[Problem to solve] In the entries that follow, find each line with the word "ChangesetBuf" and copy it.

[Opening Dataset content section]

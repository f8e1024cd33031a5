//! The tools of the program `sync`: changesets and rebase blobs as lines of hex, taken together, rebased or shown.
//!
//! It stands on `cs_lines` for the lines and `hex` for their bytes, on `cs_group` for changesets as one and on `cs_rebaser` for rebased
//! ones. `cs_column_bytes` keeps the column bytes that came in, and `cs_text` has what is shown. `run_tool` promises for each tool which
//! text is written (`specs/Endings.antt`, `Owes`). Where none is, it promises which fault of the lines is the reason (`Refuses`): the first
//! that is judged. `laws` say that an input has one text or one such fault. `show_file` and `combine_files` promise the same of files,
//! which hold changesets (`cs_feed`) and blobs as their bytes (`specs/Files.antt`). Its tests stand in `cs_operations_tests`. What names no
//! section of SQLite's documentation is profile of this project.
#![tactic(auto)]

mod combine;
mod fault;
mod files;
mod input;
mod input_files;
pub mod laws;
mod output;
mod rebase;
mod show;
mod tool;
mod written;

pub use combine::combine_files;
pub use fault::ToolFault;
pub use input_files::InputFiles;
pub use show::{Shown, show_file};
pub use tool::{Form, Tool, run_tool};
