//! `combine`: changesets in hex, one a line, or in files, taken together as one.

ghost use Rattle.std.specs.Prelude.{◌≡◌, ◌⊎◌, List, ℕ, IfErr, IfOk, OnOk, flat_map, map};
ghost use Rattle.std.specs.List.{AllByRecursion, AllZip};
ghost use Rattle.cs_change.specs.Spelling.{FitsChangeset, changeset_spelling};
ghost use Rattle.cs_lines.specs.Lines.{hex_line};
ghost use Rattle.cs_lines.specs.Served.{AreAllLines};
ghost use Rattle.cs_column_bytes.specs.KeyPlaces.{heads_of};
ghost use Rattle.cs_column_bytes.specs.Steps.{heads_behind};
ghost use Rattle.cs_tools.specs.CombinedLines.{CombinesAll, RefusesToCombine, SpellsCombined};
ghost use Rattle.cs_tools.specs.Endings.{Ends};
ghost use Rattle.cs_tools.specs.Files.{CombinesFiles, RefusesFiles};
ghost use Rattle.cs_tools.specs.SpelledLine.{Spells};
ghost use Rattle.cs_tools.specs.WrittenForm.{IsNotWritten, SpellsIn};
ghost use Rattle.cs_tools.specs.declared.fault.ToolFault.TheVariants.{Memory as NoMemory};

use crate::fault::ToolFault;
use crate::files::changesets_at;
use crate::input::{all_bytes, read_all};
use crate::input_files::InputFiles;
use crate::output::end_with_line;
use crate::tool::Form;
use crate::written::{spelled_for_sqlite, spelled_normal};
use cs_changeset::Changeset;
use cs_column_bytes::{Header, put_headers};
use cs_feed::ChangesetBuf;
use cs_group::combine;
use cs_lines::{LineInput, LineOutput};
use cs_normal::Normal;
use cs_value::Memory;
use std::alloc::Global;

/// The headers of all changesets, in order.
fn headers_of_all<'a>(
    alloc: Global,
    changesets: &'a [Changeset<'_>],
) -> Result<Vec<Header<'a>>, Memory>
    ensures { IfOk result (λ headers. heads_behind headers.items ≡ flat_map heads_of changesets.now) }
{
    let mut headers = Vec::new(alloc);
    for changeset in changesets {
        put_headers(changeset.as_slice(), &mut headers)?;
    }
    Ok(headers)
}

/// The spelling, in this form, of what these changesets are as one.
fn spelled_in(
    alloc: Global,
    form: Form,
    both: &Normal,
    changesets: &[Changeset<'_>],
) -> Result<Vec<u8>, ToolFault>
    ensures ok { IfOk result (λ bytes. SpellsIn form (flat_map heads_of changesets.now) both.now bytes.items) }
    ensures err { IfErr result (λ told. (told ≡ NoMemory) ⊎ IsNotWritten form (flat_map heads_of changesets.now) told) }
{
    match form {
        Form::Normal => spelled_normal(alloc, both),
        Form::Sqlite => {
            let headers = headers_of_all(alloc, changesets)?;
            spelled_for_sqlite(alloc, both, headers.as_slice())
        }
    }
}

/// The spelling of the changesets that the lines spell, as one, in this form.
fn combined_bytes<R: LineInput>(
    alloc: Global,
    form: Form,
    reader: &mut R,
) -> Result<Vec<u8>, ToolFault>
    ensures ok { IfOk result (λ bytes. (lines : List (List ℕ))
        × AreAllLines (R.remaining reader.old) lines × SpellsCombined form lines bytes.items) }
    ensures err { IfErr result (RefusesToCombine form (R.failed reader.new) (R.remaining reader.old) (R.remaining reader.new)) }
{
    let (inputs, ended) = all_bytes(alloc, reader);
    // The changesets in front of a line that can't be read are judged before it.
    let changesets = read_all(alloc, inputs.as_slice())?;
    if let Some(told) = ended {
        return Err(told);
    }
    let both = combine(alloc, &changesets)?;
    spelled_in(alloc, form, &both, changesets.as_slice())
}

/// Runs `Tool::Combine`.
pub fn combine_lines<R: LineInput, W: LineOutput>(
    alloc: Global,
    form: Form,
    reader: &mut R,
    writer: &mut W,
) -> Result<(), ToolFault>
    ensures ends { Ends (CombinesAll form (R.remaining reader.old))
        (RefusesToCombine form (R.failed reader.new) (R.remaining reader.old) (R.remaining reader.new))
        (W.failed writer.new) (W.contents writer.old) (W.contents writer.new) result }
    ensures sent { OnOk result (W.sent writer.new) }
{
    let bytes = combined_bytes(alloc, form, reader);
    end_with_line(bytes, writer)
}

/// The changesets that own their bytes, lent.
fn lend_all<'a>(alloc: Global, owned: &'a [ChangesetBuf]) -> Result<Vec<Changeset<'a>>, Memory>
    ensures fit { IfOk result (λ changesets. AllByRecursion FitsChangeset changesets.items) }
    ensures spelled { IfOk result (λ changesets. AllZip (Spells FitsChangeset changeset_spelling) owned.now changesets.items) }
{
    let mut changesets = Vec::with_capacity(alloc, owned.len())?;
    for one in owned {
        changesets.push(one.lend(alloc)?)?;
    }
    Ok(changesets)
}

/// The spelling of the changesets in the files at these paths, as one, in this form.
fn combined_at<F: InputFiles>(
    alloc: Global,
    form: Form,
    files: &mut F,
    paths: &[&str],
) -> Result<Vec<u8>, ToolFault>
    ensures ok { IfOk result (λ bytes. CombinesFiles F.Input.PieceInput F.InputFiles files.new
        form (map (λ path. path.now) paths.now) (hex_line bytes.items)) }
    ensures err { IfErr result (RefusesFiles F.Input.PieceInput F.InputFiles files.new
        form (map (λ path. path.now) paths.now)) }
{
    let owned = changesets_at(alloc, files, paths)?;
    let changesets = lend_all(alloc, owned.as_slice())?;
    let both = combine(alloc, &changesets)?;
    spelled_in(alloc, form, &both, changesets.as_slice())
}

/// Takes the changesets in the files at these paths together as one. It writes that in this form as a line of lower case hex. Nothing is
/// written before all files were judged, in their order. (Profile of this project over SQLite's changegroup.)
pub fn combine_files<F: InputFiles, W: LineOutput>(
    alloc: Global,
    form: Form,
    files: &mut F,
    paths: &[&str],
    writer: &mut W,
) -> Result<(), ToolFault>
    ensures ends { Ends (CombinesFiles F.Input.PieceInput F.InputFiles files.new
        form (map (λ path. path.now) paths.now))
        (RefusesFiles F.Input.PieceInput F.InputFiles files.new
        form (map (λ path. path.now) paths.now))
        (W.failed writer.new) (W.contents writer.old) (W.contents writer.new) result }
    ensures sent { OnOk result (W.sent writer.new) }
{
    let bytes = combined_at(alloc, form, files, paths);
    end_with_line(bytes, writer)
}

[Closing Dataset content section]

[Solution]
use cs_feed::ChangesetBuf;
fn lend_all<'a>(alloc: Global, owned: &'a [ChangesetBuf]) -> Result<Vec<Changeset<'a>>, Memory>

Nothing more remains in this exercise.